SELECT lastname, candidate.state AS homestate, candidate.cand_id AS cand_id,
        CASE WHEN candidate.state= contribution.state THEN amount else 0 END AS isc,
        CASE WHEN candidate.state != contribution.state THEN amount else 0 end AS oosc
FROM candidate INNER JOIN contribution
ON candidate.cand_id = contribution.cand_id;

This query can be nested within another to produce a table of the total amount of in-state contributions to a candidate and the total amount of out-of-state contributions:

SELECT lastname, homestate, SUM(isc), SUM(oosc)
FROM (SELECT lastname, candidate.state AS homestate, candidate.cand_id AS cand_id,
        CASE WHEN candidate.state= contribution.state THEN amount else 0 END AS isc,
        CASE WHEN candidate.state != contribution.state THEN amount else 0 end AS oosc
      FROM candidate INNER JOIN contribution ON candidate.cand_id = contribution.cand_id)
GROUP BY cand_id;

Inserting/updating/deleting rows

Here’s the general form for inserting rows:

INSERT INTO <table>
VALUES (X,Y,Z)

Here’s an example:

INSERT INTO candidate
VALUES ("HHHH", "DUPONT", "TODD", "LIB", "CHICAGO", "IL", "60637", "CCCCC", "01");

This form requires that we supply a value for every attribute in the schema.

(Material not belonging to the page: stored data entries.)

//! One band of rows.

ghost use Rattle.std.specs.Prelude.{◌≡◌, ◌+◌, ◌<◌, ◌≤◌, ◌^◌, ◌*◌, IsTrue, IfOk};
ghost use Rattle.tl_definitions.specs.Lattice.{classes};
ghost use Rattle.tl_bits.specs.Bits.{bit_at};
ghost use Rattle.tl_layout.specs.Coins.{ArePiecesOf};
ghost use Rattle.tl_packed.specs.OfClasses.{AreOfLayout};
ghost use Rattle.tl_courses.specs.Courses.{IsCourseOf, steps_of, time_at as time_of};
ghost use Rattle.tl_band.specs.Bands.{AreRowsDone, AreRowsKept, AreSameRows, IsBandAt, IsOfRows, IsPlacedIn};
ghost use Rattle.tl_band.specs.Edges.{IsFreeAt, IsSideAt};

use crate::coins::Coins;
use crate::edge::{Edge, Link, class_at};
use crate::stretch::Sweeping;
use std::alloc::{AllocError, Global};
use std::sync::Wait;
use tl_bits::Bits;
use tl_lattice::Kind;
use tl_layout::Layout;
use tl_packed::Strings;
use tl_row_sweep::{copy_rows, sweep_rows};

/// The rows of words between two edges, in strings of the whole layout. The row above and the row below are kept too.
#[derive(Drop)]
pub struct Band {
    pub(crate) strings: Strings,
    pub upper: Edge,
    pub lower: Edge,
    /// How many classes of the stretch are swept.
    pub done: u64,
}

// The time of the sweep to which a class belongs that is swept after so many others.
fn time_at(kind: Kind, from: u64, done: u64) -> u64
    requires { done < from * classes kind }
    ensures time { result ≡ time_of kind from done }
    ensures first { 1 ≤ result }
    ensures last { result ≤ from }
{
    match kind {
        Kind::Square => from - done / 2,
        Kind::Triangle => from - done / 3,
    }
}

/// How many classes a stretch sweeps.
pub fn steps<S: Sweeping>(stretch: &S) -> u64
    requires { (S.course stretch.now).from ≤ 2 ^ 30 }
    ensures { result ≡ steps_of (S.course stretch.now) }
{
    match stretch.layout().kind {
        Kind::Square => stretch.from() * 2,
        Kind::Triangle => stretch.from() * 3,
    }
}

impl Band {
    /// Room for a band of the rows of words from `first` to before `end`.
    ///
    /// # Errors
    /// Want of memory.
    pub fn new(alloc: Global, layout: &Layout, first: usize, end: usize) -> Result<Band, AllocError>
        requires first { 1 ≤ first }
        requires some { first < end }
        ensures { IfOk result (IsOfRows layout.now first end) }
    {
        Ok(Band {
            strings: Strings::new(alloc, layout)?,
            upper: Edge {
                own: first,
                beside: first - 1,
                link: None,
            },
            lower: Edge {
                own: end - 1,
                beside: end,
                link: None,
            },
            done: 0,
        })
    }

    /// Goes to the start of a stretch, with these ends of the borders above and below.
    pub fn begin<S: Sweeping>(&mut self, stretch: &S, upper: Option<Link>, lower: Option<Link>)
        requires course { IsCourseOf (S.region stretch.now) (S.bits stretch.now) (S.course stretch.now) }
        requires placed { IsPlacedIn (S.course stretch.now).layout self.old }
        requires upper { IsSideAt (S.course stretch.now) self.old.upper.own self.old.upper.beside 0 upper }
        requires lower { IsSideAt (S.course stretch.now) self.old.lower.own self.old.lower.beside 0 lower }
        ensures at { IsBandAt (S.course stretch.now) self.new }
        ensures rows { AreSameRows self.old self.new }
    {
        let above = self.upper.beside;
        let below = self.lower.beside + 1;
        copy_rows(
            stretch.layout(),
            stretch.start(),
            &mut self.strings,
            above,
            below,
        );
        self.upper.link = upper;
        self.lower.link = lower;
        self.done = 0;
    }

    /// Copies the band's own rows, with all classes swept, to strings of the whole layout.
    pub fn store<S: Sweeping>(&self, stretch: &S, both: &mut Strings)
        requires at { IsBandAt (S.course stretch.now) self.now }
        requires done { self.now.done ≡ steps_of (S.course stretch.now) }
        requires size { AreOfLayout (S.course stretch.now).layout both.old }
        ensures size { AreOfLayout (S.course stretch.now).layout both.new }
        ensures own { AreRowsDone (S.course stretch.now) self.now.upper.own self.now.lower.beside both.new }
        ensures outside { AreRowsKept (S.course stretch.now).layout self.now.upper.own self.now.lower.beside both.old both.new }
    {
        let first = self.upper.own;
        let end = self.lower.beside;
        copy_rows(stretch.layout(), &self.strings, both, first, end);
    }

    // Sends the rows that wait, where there is room for them.
    fn send<R: Wait, S: Sweeping>(&mut self, rt: &R, stretch: &S)
        requires { IsBandAt (S.course stretch.now) self.old }
        ensures at { IsBandAt (S.course stretch.now) self.new }
        ensures rows { AreSameRows self.old self.new }
    {
        self.upper.send(rt);
        self.lower.send(rt);
        let _steps = stretch.from();
    }

    // Takes over the rows beside the band that have come.
    fn receive<R: Wait, S: Sweeping>(&mut self, rt: &R, stretch: &S)
        requires course { IsCourseOf (S.region stretch.now) (S.bits stretch.now) (S.course stretch.now) }
        requires at { IsBandAt (S.course stretch.now) self.old }
        ensures at { IsBandAt (S.course stretch.now) self.new }
        ensures rows { AreSameRows self.old self.new }
    {
        self.upper
            .receive(rt, stretch, self.done, &mut self.strings);
        self.lower
            .receive(rt, stretch, self.done, &mut self.strings);
    }

    // Whether the rows have come that the next class needs, and one is left.
    fn is_ready<S: Sweeping>(&self, stretch: &S) -> bool
        requires { (S.course stretch.now).from ≤ 2 ^ 30 }
        ensures left { IsTrue result → self.now.done < steps_of (S.course stretch.now) }
        ensures upper { IsTrue result → IsFreeAt self.now.done self.now.upper.link }
        ensures lower { IsTrue result → IsFreeAt self.now.done self.now.lower.link }
    {
        self.done < steps(stretch) && self.upper.is_free(self.done) && self.lower.is_free(self.done)
    }

    // Sweeps the next class.
    fn sweep<S: Sweeping, B: Bits>(&mut self, stretch: &S, coins: &mut Coins<B>)
        requires course { IsCourseOf (S.region stretch.now) (S.bits stretch.now) (S.course stretch.now) }
        requires from { (S.course stretch.now).from ≤ 2 ^ 30 }
        requires pieces { ∥ ArePiecesOf (S.region stretch.now) (S.course stretch.now).layout coins.old.pieces ∥₁ }
        requires bits { bit_at (B.word_at coins.old.kept.bits) ≡ S.bits stretch.now }
        requires at { IsBandAt (S.course stretch.now) self.old }
        requires left { self.old.done < steps_of (S.course stretch.now) }
        requires upper { IsFreeAt self.old.done self.old.upper.link }
        requires lower { IsFreeAt self.old.done self.old.lower.link }
        ensures at { IsBandAt (S.course stretch.now) self.new }
        ensures rows { AreSameRows self.old self.new }
        ensures words { B.words coins.new.kept.bits ≡ B.words coins.old.kept.bits }
        ensures function { B.word_at coins.new.kept.bits ≡ B.word_at coins.old.kept.bits }
        ensures pieces { coins.new.pieces ≡ coins.old.pieces }
    {
        let layout = stretch.layout();
        let class = class_at(layout.kind, self.done);
        coins.lay_out(time_at(layout.kind, stretch.from(), self.done));
        sweep_rows(
            layout,
            stretch.slots(),
            &coins.words,
            &mut self.strings,
            class,
            self.upper.own,
            self.lower.beside,
        );
        self.done += 1;
        self.upper.offer(layout, &self.strings, class);
        self.lower.offer(layout, &self.strings, class);
    }

    /// Sweeps the next class, where the rows have come that it needs, and hands on the edge rows. Tells whether it did.
    pub fn turn<R: Wait, S: Sweeping, B: Bits>(
        &mut self,
        rt: &R,
        stretch: &S,
        coins: &mut Coins<B>,
    ) -> bool
        requires course { IsCourseOf (S.region stretch.now) (S.bits stretch.now) (S.course stretch.now) }
        requires from { (S.course stretch.now).from ≤ 2 ^ 30 }
        requires pieces { ∥ ArePiecesOf (S.region stretch.now) (S.course stretch.now).layout coins.old.pieces ∥₁ }
        requires bits { bit_at (B.word_at coins.old.kept.bits) ≡ S.bits stretch.now }
        requires at { IsBandAt (S.course stretch.now) self.old }
        ensures at { IsBandAt (S.course stretch.now) self.new }
        ensures rows { AreSameRows self.old self.new }
        ensures words { B.words coins.new.kept.bits ≡ B.words coins.old.kept.bits }
        ensures function { B.word_at coins.new.kept.bits ≡ B.word_at coins.old.kept.bits }
        ensures pieces { coins.new.pieces ≡ coins.old.pieces }
    {
        self.send(rt, stretch);
        self.receive(rt, stretch);
        let is_ready = self.is_ready(stretch);
        if is_ready {
            self.sweep(stretch, coins);
            self.send(rt, stretch);
        }
        is_ready
    }
}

Here’s a different way to insert rows:

INSERT INTO <table> (<col name>, <col name>, <col name>)
VALUES (X,Y,Z)

and here’s a sample use:

INSERT INTO candidate (lastname, firstname, party, city, state, zip, cand_id, district)
VALUES ("FOO", "BAR", "DEM", "CHICAGO", "IL", "60637", "CCCCC", "01");

This form does not require a value for every attribute. Notice that we did not supply a value for the committee ID, for example. Values that are not supplied will be set to NULL.

Here’s the general form for updating rows:

UPDATE <table>
SET <col name> = <expr>, <col name> = <expr>, ...
WHERE <expr>

and here’s an example:

UPDATE candidate
SET committee_id = "H55555"
WHERE lastname="DUPONT";

Note that every row that matches the where clause will be updated!

Here’s the general form for deleting rows:

DELETE FROM <table>
WHERE <expr>

and here’s an example:

DELETE FROM candidate
WHERE lastname="DUPONT";

Again, every row that matches the where clause will be deleted!